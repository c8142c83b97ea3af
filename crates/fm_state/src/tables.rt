//! The state of the core in vectors whose memory is taken once.
ghost use Rattle.std.specs.Prelude.{◌≡◌, ◌+◌, ◌<◌, ◌≤◌, ◌++◌, [], length, map, IfOk, true, replicate, slice_set, vec_len, vec_capacity};
ghost use Rattle.fm_line.specs.Piece.{sorted, Ordered};
ghost use Rattle.fm_core.specs.State.{cell, desk, visited, no_desk, opening};
ghost use Rattle.fm_core.specs.Effects.{with_cell, with_desk, published};
ghost use Rattle.fm_core.specs.Numbers.{any_below};
ghost use Rattle.fm_core.specs.Steps.{holding, unvisited};
ghost use Rattle.fm_core.specs.Sweep.{least, swept};
ghost use Rattle.fm_core.specs.declared.due.Due.TheVariants.{Nothing};
ghost use Rattle.fm_state.specs.Stored.{Stored, desk_of, IsDesk, AreDesks};

use crate::desk::Desk;
use crate::holds::{begin_hold, end_hold};
use crate::visits::Visits;
use fm_buffer::Gather;
use fm_core::{Cell, Due, Floor, Sight, Tag, lesser_pair};
use fm_msg::Event;
use std::alloc::{AllocError, Global};
use std::marker::Model;

const UNBORN: Cell = Cell {
    tag: Tag::Unborn,
    clock: 0,
    seat: 0,
    computed: 0,
    taken: 0,
    recorded: false,
};

/// The state of the core. No call but `new` takes memory.
#[derive(Drop)]
pub struct Tables {
    cells: Vec<Cell>,
    floor: Floor,
    desks: Vec<Desk>,
    // How many processes each seat holds.
    holds: Vec<u32>,
    due: Due,
    visited: Visits,
    gather: Gather,
    released: Vec<Event>,
}

impl Model for Tables {
    ghost use Rattle.std.specs.Prelude.{length, map, vec_capacity};
    ghost use Rattle.fm_state.specs.Stored.{Stored, desk_of, IsTables};

    ghost Value = { Stored };

    ghost view = { λ t. record {
      state = record {
        cells = t.cells.items;
        floor = t.floor;
        desks = map desk_of t.desks.items;
        due = t.due;
        visited = t.visited;
        gather = t.gather.events;
        released = t.released.items;
      };
      gathers = t.gather.capacity;
      releases = vec_capacity t.released;
    } };

    ghost invariant = { λ t.
        IsTables t.cells.items (length t.visited) t.desks.items t.holds.items };
}

impl Tables {
    /// The opening: process 0 at home, all others unborn, all sweeps empty. There is memory for
    /// so many gathered and so many released events, and for whole sweeps.
    pub fn new(
        alloc: Global,
        processes: u32,
        seats: u32,
        gathers: usize,
        releases: usize,
    ) -> Result<Tables, AllocError>
        requires { 0 < processes }
        ensures { IfOk result (λ tables. tables ≡ record {
          state = opening processes seats;
          gathers = gathers;
          releases = releases;
        }) }
    {
        let mut cells = vec![in alloc; UNBORN; processes as usize]?;
        cells[0].tag = Tag::Home;
        let visited = Visits::new(alloc, processes)?;
        let gather = Gather::new(alloc, gathers)?;
        let released = Vec::with_capacity(alloc, releases)?;
        let desks = empty_desks(alloc, processes, seats)?;
        let holds = vec![in alloc; 0; seats as usize]?;
        Ok(Tables {
            cells,
            floor: Floor::At(0),
            desks,
            holds,
            due: Due::Nothing,
            visited,
            gather,
            released,
        })
    }

    /// How many processes there are.
    pub fn processes(&self) -> u32
        ensures { result ≡ length self.now.state.cells }
    {
        self.cells.len() as u32
    }

    /// How many seats there are.
    pub fn seats(&self) -> u32
        ensures { result ≡ length self.now.state.desks }
    {
        self.desks.len() as u32
    }

    /// Whether a seat holds a process: one look at what is counted.
    pub fn is_holding(&self, seat: u32) -> bool
        requires { seat < length self.now.state.desks }
        ensures { result ≡ holding self.now.state seat }
    {
        0 < self.holds[seat as usize]
    }

    /// How far a process is.
    pub fn cell(&self, process: u32) -> Cell
        requires { process < length self.now.state.cells }
        ensures { result ≡ cell self.now.state process }
    {
        self.cells[process as usize]
    }

    /// The floor.
    pub fn floor(&self) -> Floor
        ensures { result ≡ self.now.state.floor }
    {
        self.floor
    }

    /// What is due.
    pub fn due(&self) -> Due
        ensures { result ≡ self.now.state.due }
    {
        self.due
    }

    /// Whether a process was visited since the last publish.
    pub fn is_visited(&self, process: u32) -> bool
        requires { process < length self.now.state.cells }
        ensures { result ≡ visited self.now.state process }
    {
        self.visited.has(process)
    }

    /// Whether some process was not visited since the last publish: one look at what is counted.
    pub fn misses_a_visit(&self) -> bool
        ensures { result ≡ any_below (length self.now.state.cells) (unvisited self.now.state) }
    {
        self.visited.misses_one()
    }

    /// The looks of a seat's sweep.
    pub fn sweep(&self, seat: u32) -> &[Sight]
        requires { seat < length self.now.state.desks }
        ensures { result.now ≡ (desk self.now.state seat).sweep }
    {
        self.desks[seat as usize].sweep.as_slice()
    }

    /// The least clock and process of a seat's sweep over the processes that were not seen ended.
    pub fn least(&self, seat: u32) -> Option<(u64, u32)>
        requires { seat < length self.now.state.desks }
        ensures { result ≡ least (desk self.now.state seat).sweep }
    {
        self.desks[seat as usize].least
    }

    /// The floor that a seat last paced.
    pub fn paced(&self, seat: u32) -> Floor
        requires { seat < length self.now.state.desks }
        ensures { result ≡ (desk self.now.state seat).paced }
    {
        self.desks[seat as usize].paced
    }

    /// How many events are gathered.
    pub fn gathered(&self) -> usize
        ensures { result ≡ length self.now.state.gather }
    {
        self.gather.events().len()
    }

    /// The events that are released, in their order.
    pub fn released(&self) -> &[Event]
        ensures { result.now ≡ self.now.state.released }
    {
        self.released.as_slice()
    }

    /// Writes down how far a process is.
    pub fn set_cell(&mut self, process: u32, next: Cell)
        requires { process < length self.old.state.cells }
        ensures { self.new ≡ record self.old { state = with_cell self.old.state process next } }
    {
        let from = self.cells[process as usize];
        self.cells[process as usize] = next;
        end_hold(&mut self.holds, from);
        begin_hold(&mut self.holds, next);
    }

    /// Notes that a process was visited.
    pub fn visit(&mut self, process: u32)
        requires { process < length self.old.state.cells }
        ensures { self.new ≡ record self.old {
          state = record self.old.state { visited = slice_set self.old.state.visited process true };
        } }
    {
        self.visited.add(process);
    }

    /// Enters a look in a seat's sweep.
    pub fn enter(&mut self, seat: u32, process: u32, sight: Sight)
        requires seat { seat < length self.old.state.desks }
        requires process { process < length self.old.state.cells }
        ensures { self.new ≡ record self.old {
          state = with_desk self.old.state seat
              (record (desk self.old.state seat) {
                sweep = swept (desk self.old.state seat).sweep process sight;
              });
        } }
    {
        enter_sight(&mut self.desks[seat as usize], process, sight);
    }

    /// Writes down the floor as the one that a seat last paced.
    pub fn pace(&mut self, seat: u32)
        requires { seat < length self.old.state.desks }
        ensures { self.new ≡ record self.old {
          state = with_desk self.old.state seat
              (record (desk self.old.state seat) { paced = self.old.state.floor });
        } }
    {
        self.desks[seat as usize].paced = self.floor;
    }

    /// Makes a least pair the floor, and due; without one all is due. Nothing is visited then, and
    /// the sweep of seat 0 is empty.
    pub fn publish(&mut self, least: Option<(u64, u32)>)
        requires { 0 < length self.old.state.desks }
        ensures { self.new ≡ record self.old { state = published self.old.state least } }
    {
        match least {
            Some((time, process)) => {
                self.floor = Floor::At(time);
                self.due = Due::Pair { time, process };
            }
            None => {
                self.floor = Floor::Done;
                self.due = Due::Everything;
            }
        }
        clear_sweep(&mut self.desks[0]);
        self.visited.forget();
    }

    /// Appends events to the gather.
    pub fn take(&mut self, events: &[Event])
        requires { length self.old.state.gather + length events.now ≤ self.old.gathers }
        ensures { self.new ≡ record self.old {
          state = record self.old.state { gather = self.old.state.gather ++ events.now };
        } }
    {
        gather_all(&mut self.gather, events);
    }

    /// Appends what is gathered, in its order, to what is released.
    pub fn release(&mut self)
        requires room { length self.old.state.released + length self.old.state.gather
            ≤ self.old.releases }
        requires ordered { Ordered self.old.state.gather }
        ensures { self.new ≡ record self.old {
          state = record self.old.state {
            due = Nothing;
            gather = [];
            released = self.old.state.released ++ sorted self.old.state.gather;
          };
        } }
    {
        settle_all(&mut self.gather);
        release_all(&mut self.released, self.gather.events());
        self.gather.clear();
        self.due = Due::Nothing;
    }
}

// So many empty sweeps, each with memory for all processes.
fn empty_desks(alloc: Global, processes: u32, seats: u32) -> Result<Vec<Desk>, AllocError>
    ensures desks { IfOk result (λ desks. map desk_of desks.items ≡ replicate seats no_desk) }
    ensures sweeps { IfOk result (λ desks. AreDesks processes desks.items) }
{
    let mut desks = Vec::with_capacity(alloc, seats as usize)?;
    for _ in 0..seats {
        desks.push(empty_desk(alloc, processes)?)?;
    }
    Ok(desks)
}

// An empty sweep with memory for all processes.
fn empty_desk(alloc: Global, processes: u32) -> Result<Desk, AllocError>
    ensures desk { IfOk result (λ desk. desk_of desk ≡ no_desk) }
    ensures sweep { IfOk result (λ desk. IsDesk processes desk) }
{
    let sweep = Vec::with_capacity(alloc, processes as usize)?;
    Ok(Desk {
        sweep,
        least: None,
        paced: Floor::At(0),
    })
}

// Enters a look in a sweep.
fn enter_sight(desk: &mut Desk, process: u32, sight: Sight)
    requires memory { process < vec_capacity desk.old.sweep }
    requires least { desk.old.least ≡ least desk.old.sweep.items }
    ensures desk { desk_of desk.new ≡ record (desk_of desk.old) {
      sweep = swept desk.old.sweep.items process sight;
    } }
    ensures least { desk.new.least ≡ least desk.new.sweep.items }
    ensures capacity { vec_capacity desk.new.sweep ≡ vec_capacity desk.old.sweep }
{
    let pair = sight.pair(process);
    if process == 0 {
        desk.sweep.clear();
        desk.sweep.push_reserved(sight);
        desk.least = pair;
    } else if process as usize == desk.sweep.len() {
        desk.sweep.push_reserved(sight);
        desk.least = lesser_pair(desk.least, pair);
    }
}

// Leaves a sweep without looks.
fn clear_sweep(desk: &mut Desk)
    ensures desk { desk_of desk.new ≡ record (desk_of desk.old) { sweep = [] } }
    ensures least { desk.new.least ≡ least desk.new.sweep.items }
    ensures capacity { vec_capacity desk.new.sweep ≡ vec_capacity desk.old.sweep }
{
    desk.sweep.clear();
    desk.least = None;
}

// Appends events to a gather.
fn gather_all(gather: &mut Gather, events: &[Event])
    requires { length gather.old.events + length events.now ≤ gather.old.capacity }
    ensures { gather.new ≡ record gather.old { events = gather.old.events ++ events.now } }
{
    for event in events {
        gather.put(*event);
    }
}

// Puts gathered events into their order.
fn settle_all(gather: &mut Gather)
    requires { Ordered gather.old.events }
    ensures order { gather.new ≡ record gather.old { events = sorted gather.old.events } }
    ensures many { length gather.new.events ≡ length gather.old.events }
{
    gather.settle();
}

// Appends events to those that are released.
fn release_all(released: &mut Vec<Event>, events: &[Event])
    requires { length released.old.items + length events.now ≤ vec_capacity released.old }
    ensures items { released.new.items ≡ released.old.items ++ events.now }
    ensures capacity { vec_capacity released.new ≡ vec_capacity released.old }
{
    for event in events {
        released.push_reserved(*event);
    }
}
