//! What is due, and what must be taken.
ghost use Rattle.std.specs.Prelude.{◌≡◌, ◌<◌, ◌≤◌, length};
ghost use Rattle.fm_line.specs.Line.{line};
ghost use Rattle.fm_core.specs.State.{cell};
ghost use Rattle.fm_core.specs.Taking.{count_due, outbox, must_take};
ghost use Rattle.fm_core.specs.Invariant.{Sound};
ghost use Rattle.fm_buffer.specs.declared.outbox.TheConstants.{MAX_ROOM};

use crate::rules::Rules;
use crate::tables::Tables;
use fm_core::Due;
use fm_msg::Event;

/// How many of these events are due.
pub fn due_among(due: Due, events: &[Event]) -> u32
    requires { length events.now ≤ MAX_ROOM }
    ensures { result ≡ count_due due events.now }
{
    let mut count = 0;
    for event in events {
        if due.covers(event) {
            count += 1;
        }
    }
    count
}

/// The events of a process that are computed and not taken.
pub fn waiting_events<'a>(rules: &'a Rules, tables: &Tables, process: u32) -> &'a [Event]
    requires sound { Sound rules.now tables.now.state }
    requires process { process < length tables.now.state.cells }
    ensures value { result.now
        ≡ outbox (line rules.now.lines process) (cell tables.now.state process) }
    ensures few { length result.now ≤ MAX_ROOM }
{
    let from = tables.cell(process);
    let events = rules.line(process).events.as_slice();
    &events[from.taken as usize..from.computed as usize]
}

/// How many events a give by this seat must take of this process.
pub fn must_be_taken(rules: &Rules, tables: &Tables, seat: u32, process: u32) -> u32
    requires sound { Sound rules.now tables.now.state }
    requires process { process < length tables.now.state.cells }
    ensures { result ≡ must_take rules.now tables.now.state seat process }
{
    if seat != 0 || tables.is_visited(process) {
        return 0;
    }
    due_among(tables.due(), waiting_events(rules, tables, process))
}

_____

Repeat exactly the lines that run from the opening of the listing through the line holding "is memory for". Leave out everything else.

*Solution for this task*
repository c8142c83b97ea3af
filename crates/fm_state/src/tables.rt
//! The state of the core in vectors whose memory is taken once.
ghost use Rattle.std.specs.Prelude.{◌≡◌, ◌+◌, ◌<◌, ◌≤◌, ◌++◌, [], length, map, IfOk, true, replicate, slice_set, vec_len, vec_capacity};
ghost use Rattle.fm_line.specs.Piece.{sorted, Ordered};
ghost use Rattle.fm_core.specs.State.{cell, desk, visited, no_desk, opening};
ghost use Rattle.fm_core.specs.Effects.{with_cell, with_desk, published};
ghost use Rattle.fm_core.specs.Numbers.{any_below};
ghost use Rattle.fm_core.specs.Steps.{holding, unvisited};
ghost use Rattle.fm_core.specs.Sweep.{least, swept};
ghost use Rattle.fm_core.specs.declared.due.Due.TheVariants.{Nothing};
ghost use Rattle.fm_state.specs.Stored.{Stored, desk_of, IsDesk, AreDesks};

use crate::desk::Desk;
use crate::holds::{begin_hold, end_hold};
use crate::visits::Visits;
use fm_buffer::Gather;
use fm_core::{Cell, Due, Floor, Sight, Tag, lesser_pair};
use fm_msg::Event;
use std::alloc::{AllocError, Global};
use std::marker::Model;

const UNBORN: Cell = Cell {
    tag: Tag::Unborn,
    clock: 0,
    seat: 0,
    computed: 0,
    taken: 0,
    recorded: false,
};

/// The state of the core. No call but `new` takes memory.
#[derive(Drop)]
pub struct Tables {
    cells: Vec<Cell>,
    floor: Floor,
    desks: Vec<Desk>,
    // How many processes each seat holds.
    holds: Vec<u32>,
    due: Due,
    visited: Visits,
    gather: Gather,
    released: Vec<Event>,
}

impl Model for Tables {
    ghost use Rattle.std.specs.Prelude.{length, map, vec_capacity};
    ghost use Rattle.fm_state.specs.Stored.{Stored, desk_of, IsTables};

    ghost Value = { Stored };

    ghost view = { λ t. record {
      state = record {
        cells = t.cells.items;
        floor = t.floor;
        desks = map desk_of t.desks.items;
        due = t.due;
        visited = t.visited;
        gather = t.gather.events;
        released = t.released.items;
      };
      gathers = t.gather.capacity;
      releases = vec_capacity t.released;
    } };

    ghost invariant = { λ t.
        IsTables t.cells.items (length t.visited) t.desks.items t.holds.items };
}

impl Tables {
    /// The opening: process 0 at home, all others unborn, all sweeps empty. There is memory for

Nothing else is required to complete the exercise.